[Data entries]
_ _ _

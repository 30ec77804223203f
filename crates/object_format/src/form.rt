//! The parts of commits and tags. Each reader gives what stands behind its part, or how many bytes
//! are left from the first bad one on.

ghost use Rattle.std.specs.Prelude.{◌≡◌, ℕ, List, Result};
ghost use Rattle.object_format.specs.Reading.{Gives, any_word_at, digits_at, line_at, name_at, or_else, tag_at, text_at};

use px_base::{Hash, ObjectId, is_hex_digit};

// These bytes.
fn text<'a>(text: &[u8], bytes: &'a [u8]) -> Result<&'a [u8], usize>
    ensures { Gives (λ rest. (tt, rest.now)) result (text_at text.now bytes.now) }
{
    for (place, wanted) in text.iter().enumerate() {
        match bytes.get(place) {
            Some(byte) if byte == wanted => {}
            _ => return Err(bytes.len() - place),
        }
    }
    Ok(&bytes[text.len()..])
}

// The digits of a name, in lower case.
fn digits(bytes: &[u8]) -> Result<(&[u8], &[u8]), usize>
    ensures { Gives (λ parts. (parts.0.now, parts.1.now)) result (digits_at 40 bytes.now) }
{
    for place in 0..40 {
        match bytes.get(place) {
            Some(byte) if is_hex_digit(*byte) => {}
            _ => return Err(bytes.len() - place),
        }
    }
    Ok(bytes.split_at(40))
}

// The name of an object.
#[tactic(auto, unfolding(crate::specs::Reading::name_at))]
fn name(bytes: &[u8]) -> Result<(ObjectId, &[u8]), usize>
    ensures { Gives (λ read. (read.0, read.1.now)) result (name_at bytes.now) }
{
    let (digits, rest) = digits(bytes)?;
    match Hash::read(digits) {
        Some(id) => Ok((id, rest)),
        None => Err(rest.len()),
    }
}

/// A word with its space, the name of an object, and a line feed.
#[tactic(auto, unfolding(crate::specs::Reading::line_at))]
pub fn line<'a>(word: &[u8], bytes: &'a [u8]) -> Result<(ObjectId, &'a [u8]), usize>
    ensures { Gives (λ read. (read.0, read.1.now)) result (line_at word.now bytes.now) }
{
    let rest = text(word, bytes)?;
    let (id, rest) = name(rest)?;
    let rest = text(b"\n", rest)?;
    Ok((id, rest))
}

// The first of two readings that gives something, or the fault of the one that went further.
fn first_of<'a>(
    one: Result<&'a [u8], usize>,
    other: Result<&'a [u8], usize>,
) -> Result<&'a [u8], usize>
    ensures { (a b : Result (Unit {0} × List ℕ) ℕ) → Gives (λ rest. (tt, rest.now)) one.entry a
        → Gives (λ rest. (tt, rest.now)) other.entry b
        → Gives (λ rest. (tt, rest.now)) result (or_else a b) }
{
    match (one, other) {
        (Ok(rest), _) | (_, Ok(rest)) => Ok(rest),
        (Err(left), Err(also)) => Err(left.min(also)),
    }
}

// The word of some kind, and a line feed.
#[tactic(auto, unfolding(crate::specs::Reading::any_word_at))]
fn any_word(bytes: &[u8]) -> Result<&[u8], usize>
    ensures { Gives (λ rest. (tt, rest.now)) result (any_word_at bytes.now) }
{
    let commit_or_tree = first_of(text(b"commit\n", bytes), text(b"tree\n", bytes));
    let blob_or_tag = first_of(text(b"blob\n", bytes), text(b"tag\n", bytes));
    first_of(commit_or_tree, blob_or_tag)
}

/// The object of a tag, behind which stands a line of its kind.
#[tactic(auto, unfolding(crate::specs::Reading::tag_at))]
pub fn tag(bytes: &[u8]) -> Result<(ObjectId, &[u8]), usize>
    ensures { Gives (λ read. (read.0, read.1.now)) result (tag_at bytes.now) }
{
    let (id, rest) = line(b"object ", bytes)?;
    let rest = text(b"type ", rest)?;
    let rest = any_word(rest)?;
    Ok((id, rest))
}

_ _ _

Please show every line of the records that holds the word "kind".

// The word of some kind, and a line feed.
/// The object of a tag, behind which stands a line of its kind.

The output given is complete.